TRY IT. What is needed here is an exact copy of all the data.
START DATA SUPPLIED
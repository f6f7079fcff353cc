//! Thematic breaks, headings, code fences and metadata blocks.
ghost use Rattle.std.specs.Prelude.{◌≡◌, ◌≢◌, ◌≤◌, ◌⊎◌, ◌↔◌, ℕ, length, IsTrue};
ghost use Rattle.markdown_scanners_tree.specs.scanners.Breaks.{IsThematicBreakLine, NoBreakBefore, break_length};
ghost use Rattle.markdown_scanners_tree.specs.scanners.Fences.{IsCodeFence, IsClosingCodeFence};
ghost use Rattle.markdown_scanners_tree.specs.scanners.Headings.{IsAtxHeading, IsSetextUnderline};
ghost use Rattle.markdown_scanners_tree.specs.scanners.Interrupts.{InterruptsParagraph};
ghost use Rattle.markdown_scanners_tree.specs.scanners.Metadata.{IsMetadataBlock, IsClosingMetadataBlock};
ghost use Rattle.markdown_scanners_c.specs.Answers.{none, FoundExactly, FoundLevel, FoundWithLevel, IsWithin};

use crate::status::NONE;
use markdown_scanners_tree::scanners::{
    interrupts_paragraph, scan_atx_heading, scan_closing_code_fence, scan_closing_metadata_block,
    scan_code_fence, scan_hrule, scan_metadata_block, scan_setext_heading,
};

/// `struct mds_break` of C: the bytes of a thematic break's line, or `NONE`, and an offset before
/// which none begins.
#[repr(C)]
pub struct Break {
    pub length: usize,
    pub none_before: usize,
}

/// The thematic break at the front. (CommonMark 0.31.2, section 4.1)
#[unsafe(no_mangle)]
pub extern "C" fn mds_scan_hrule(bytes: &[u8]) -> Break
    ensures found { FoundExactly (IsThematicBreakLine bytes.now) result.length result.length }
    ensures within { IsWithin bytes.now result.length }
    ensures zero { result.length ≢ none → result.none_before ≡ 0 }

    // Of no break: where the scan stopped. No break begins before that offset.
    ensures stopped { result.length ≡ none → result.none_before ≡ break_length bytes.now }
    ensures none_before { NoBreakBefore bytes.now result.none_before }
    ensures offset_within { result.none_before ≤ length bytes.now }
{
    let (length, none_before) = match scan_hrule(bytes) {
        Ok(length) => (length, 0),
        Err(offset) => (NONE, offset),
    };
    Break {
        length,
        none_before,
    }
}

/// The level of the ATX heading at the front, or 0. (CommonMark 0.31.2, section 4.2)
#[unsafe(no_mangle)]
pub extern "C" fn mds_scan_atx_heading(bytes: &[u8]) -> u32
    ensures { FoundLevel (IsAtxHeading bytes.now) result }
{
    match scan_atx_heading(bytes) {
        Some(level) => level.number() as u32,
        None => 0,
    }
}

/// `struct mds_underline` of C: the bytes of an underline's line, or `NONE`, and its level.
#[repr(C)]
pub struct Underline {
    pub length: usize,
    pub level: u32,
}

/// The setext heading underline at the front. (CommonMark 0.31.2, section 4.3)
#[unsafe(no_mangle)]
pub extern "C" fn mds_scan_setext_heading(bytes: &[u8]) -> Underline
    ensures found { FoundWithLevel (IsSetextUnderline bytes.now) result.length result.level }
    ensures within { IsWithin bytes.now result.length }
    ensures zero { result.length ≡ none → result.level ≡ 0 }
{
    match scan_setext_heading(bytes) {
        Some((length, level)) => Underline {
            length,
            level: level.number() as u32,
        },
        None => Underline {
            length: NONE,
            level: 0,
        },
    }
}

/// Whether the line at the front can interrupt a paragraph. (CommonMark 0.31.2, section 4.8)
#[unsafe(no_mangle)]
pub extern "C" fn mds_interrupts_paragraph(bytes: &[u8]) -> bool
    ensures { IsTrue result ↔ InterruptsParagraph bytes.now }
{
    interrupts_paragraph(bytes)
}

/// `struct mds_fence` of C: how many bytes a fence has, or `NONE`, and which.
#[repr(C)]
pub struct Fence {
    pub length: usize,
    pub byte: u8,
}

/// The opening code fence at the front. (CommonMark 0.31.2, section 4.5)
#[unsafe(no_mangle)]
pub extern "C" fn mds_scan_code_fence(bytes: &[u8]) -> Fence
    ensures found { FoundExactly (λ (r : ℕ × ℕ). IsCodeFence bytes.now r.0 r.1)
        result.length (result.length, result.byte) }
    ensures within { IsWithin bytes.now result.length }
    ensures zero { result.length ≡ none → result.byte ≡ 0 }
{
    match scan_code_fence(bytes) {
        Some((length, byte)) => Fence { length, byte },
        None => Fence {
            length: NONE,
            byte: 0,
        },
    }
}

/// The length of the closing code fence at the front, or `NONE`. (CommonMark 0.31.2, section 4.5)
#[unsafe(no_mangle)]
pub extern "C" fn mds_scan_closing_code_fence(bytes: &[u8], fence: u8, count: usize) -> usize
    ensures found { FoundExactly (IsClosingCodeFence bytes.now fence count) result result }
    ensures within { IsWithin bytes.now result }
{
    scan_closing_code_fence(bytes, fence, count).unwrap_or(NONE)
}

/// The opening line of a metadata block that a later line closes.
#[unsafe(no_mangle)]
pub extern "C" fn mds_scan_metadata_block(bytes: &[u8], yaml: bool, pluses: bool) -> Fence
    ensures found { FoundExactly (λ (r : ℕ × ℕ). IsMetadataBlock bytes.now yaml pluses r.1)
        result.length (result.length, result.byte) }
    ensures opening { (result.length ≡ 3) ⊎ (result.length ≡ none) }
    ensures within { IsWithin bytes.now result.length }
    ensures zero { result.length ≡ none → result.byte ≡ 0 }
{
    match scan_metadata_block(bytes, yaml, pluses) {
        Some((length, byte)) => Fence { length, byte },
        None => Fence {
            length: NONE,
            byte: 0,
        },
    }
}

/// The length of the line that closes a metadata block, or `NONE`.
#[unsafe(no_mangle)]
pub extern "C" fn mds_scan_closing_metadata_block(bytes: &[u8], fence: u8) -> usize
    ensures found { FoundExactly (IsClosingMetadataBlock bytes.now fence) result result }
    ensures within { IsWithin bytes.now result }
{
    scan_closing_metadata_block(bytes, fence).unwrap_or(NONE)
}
END DATA SUPPLIED
RESPONSE AREA.
repository f6f7079fcff353cc
//! Thematic breaks, headings, code fences and metadata blocks.
ghost use Rattle.std.specs.Prelude.{◌≡◌, ◌≢◌, ◌≤◌, ◌⊎◌, ◌↔◌, ℕ, length, IsTrue};
ghost use Rattle.markdown_scanners_tree.specs.scanners.Breaks.{IsThematicBreakLine, NoBreakBefore, break_length};
ghost use Rattle.markdown_scanners_tree.specs.scanners.Fences.{IsCodeFence, IsClosingCodeFence};
ghost use Rattle.markdown_scanners_tree.specs.scanners.Headings.{IsAtxHeading, IsSetextUnderline};
ghost use Rattle.markdown_scanners_tree.specs.scanners.Interrupts.{InterruptsParagraph};
ghost use Rattle.markdown_scanners_tree.specs.scanners.Metadata.{IsMetadataBlock, IsClosingMetadataBlock};
ghost use Rattle.markdown_scanners_c.specs.Answers.{none, FoundExactly, FoundLevel, FoundWithLevel, IsWithin};

use crate::status::NONE;
use markdown_scanners_tree::scanners::{
    interrupts_paragraph, scan_atx_heading, scan_closing_code_fence, scan_closing_metadata_block,
    scan_code_fence, scan_hrule, scan_metadata_block, scan_setext_heading,
};

/// `struct mds_break` of C: the bytes of a thematic break's line, or `NONE`, and an offset before
/// which none begins.
#[repr(C)]
pub struct Break {
    pub length: usize,
    pub none_before: usize,
}

/// The thematic break at the front. (CommonMark 0.31.2, section 4.1)
#[unsafe(no_mangle)]
pub extern "C" fn mds_scan_hrule(bytes: &[u8]) -> Break
    ensures found { FoundExactly (IsThematicBreakLine bytes.now) result.length result.length }
    ensures within { IsWithin bytes.now result.length }
    ensures zero { result.length ≢ none → result.none_before ≡ 0 }

    // Of no break: where the scan stopped. No break begins before that offset.
    ensures stopped { result.length ≡ none → result.none_before ≡ break_length bytes.now }
    ensures none_before { NoBreakBefore bytes.now result.none_before }
    ensures offset_within { result.none_before ≤ length bytes.now }
{
    let (length, none_before) = match scan_hrule(bytes) {
        Ok(length) => (length, 0),
        Err(offset) => (NONE, offset),
    };
    Break {
        length,
        none_before,
    }
}

/// The level of the ATX heading at the front, or 0. (CommonMark 0.31.2, section 4.2)
#[unsafe(no_mangle)]
pub extern "C" fn mds_scan_atx_heading(bytes: &[u8]) -> u32
    ensures { FoundLevel (IsAtxHeading bytes.now) result }
{
    match scan_atx_heading(bytes) {
        Some(level) => level.number() as u32,
        None => 0,
    }
}

/// `struct mds_underline` of C: the bytes of an underline's line, or `NONE`, and its level.
#[repr(C)]
pub struct Underline {
    pub length: usize,
    pub level: u32,
}

/// The setext heading underline at the front. (CommonMark 0.31.2, section 4.3)
#[unsafe(no_mangle)]
pub extern "C" fn mds_scan_setext_heading(bytes: &[u8]) -> Underline
    ensures found { FoundWithLevel (IsSetextUnderline bytes.now) result.length result.level }
    ensures within { IsWithin bytes.now result.length }
    ensures zero { result.length ≡ none → result.level ≡ 0 }
{
    match scan_setext_heading(bytes) {
        Some((length, level)) => Underline {
            length,
            level: level.number() as u32,
        },
        None => Underline {
            length: NONE,
            level: 0,
        },
    }
}

/// Whether the line at the front can interrupt a paragraph. (CommonMark 0.31.2, section 4.8)
#[unsafe(no_mangle)]
pub extern "C" fn mds_interrupts_paragraph(bytes: &[u8]) -> bool
    ensures { IsTrue result ↔ InterruptsParagraph bytes.now }
{
    interrupts_paragraph(bytes)
}

/// `struct mds_fence` of C: how many bytes a fence has, or `NONE`, and which.
#[repr(C)]
pub struct Fence {
    pub length: usize,
    pub byte: u8,
}

/// The opening code fence at the front. (CommonMark 0.31.2, section 4.5)
#[unsafe(no_mangle)]
pub extern "C" fn mds_scan_code_fence(bytes: &[u8]) -> Fence
    ensures found { FoundExactly (λ (r : ℕ × ℕ). IsCodeFence bytes.now r.0 r.1)
        result.length (result.length, result.byte) }
    ensures within { IsWithin bytes.now result.length }
    ensures zero { result.length ≡ none → result.byte ≡ 0 }
{
    match scan_code_fence(bytes) {
        Some((length, byte)) => Fence { length, byte },
        None => Fence {
            length: NONE,
            byte: 0,
        },
    }
}

/// The length of the closing code fence at the front, or `NONE`. (CommonMark 0.31.2, section 4.5)
#[unsafe(no_mangle)]
pub extern "C" fn mds_scan_closing_code_fence(bytes: &[u8], fence: u8, count: usize) -> usize
    ensures found { FoundExactly (IsClosingCodeFence bytes.now fence count) result result }
    ensures within { IsWithin bytes.now result }
{
    scan_closing_code_fence(bytes, fence, count).unwrap_or(NONE)
}

/// The opening line of a metadata block that a later line closes.
#[unsafe(no_mangle)]
pub extern "C" fn mds_scan_metadata_block(bytes: &[u8], yaml: bool, pluses: bool) -> Fence
    ensures found { FoundExactly (λ (r : ℕ × ℕ). IsMetadataBlock bytes.now yaml pluses r.1)
        result.length (result.length, result.byte) }
    ensures opening { (result.length ≡ 3) ⊎ (result.length ≡ none) }
    ensures within { IsWithin bytes.now result.length }
    ensures zero { result.length ≡ none → result.byte ≡ 0 }
{
    match scan_metadata_block(bytes, yaml, pluses) {
        Some((length, byte)) => Fence { length, byte },
        None => Fence {
            length: NONE,
            byte: 0,
        },
    }
}

/// The length of the line that closes a metadata block, or `NONE`.
#[unsafe(no_mangle)]
pub extern "C" fn mds_scan_closing_metadata_block(bytes: &[u8], fence: u8) -> usize
    ensures found { FoundExactly (IsClosingMetadataBlock bytes.now fence) result result }
    ensures within { IsWithin bytes.now result }
{
    scan_closing_metadata_block(bytes, fence).unwrap_or(NONE)
}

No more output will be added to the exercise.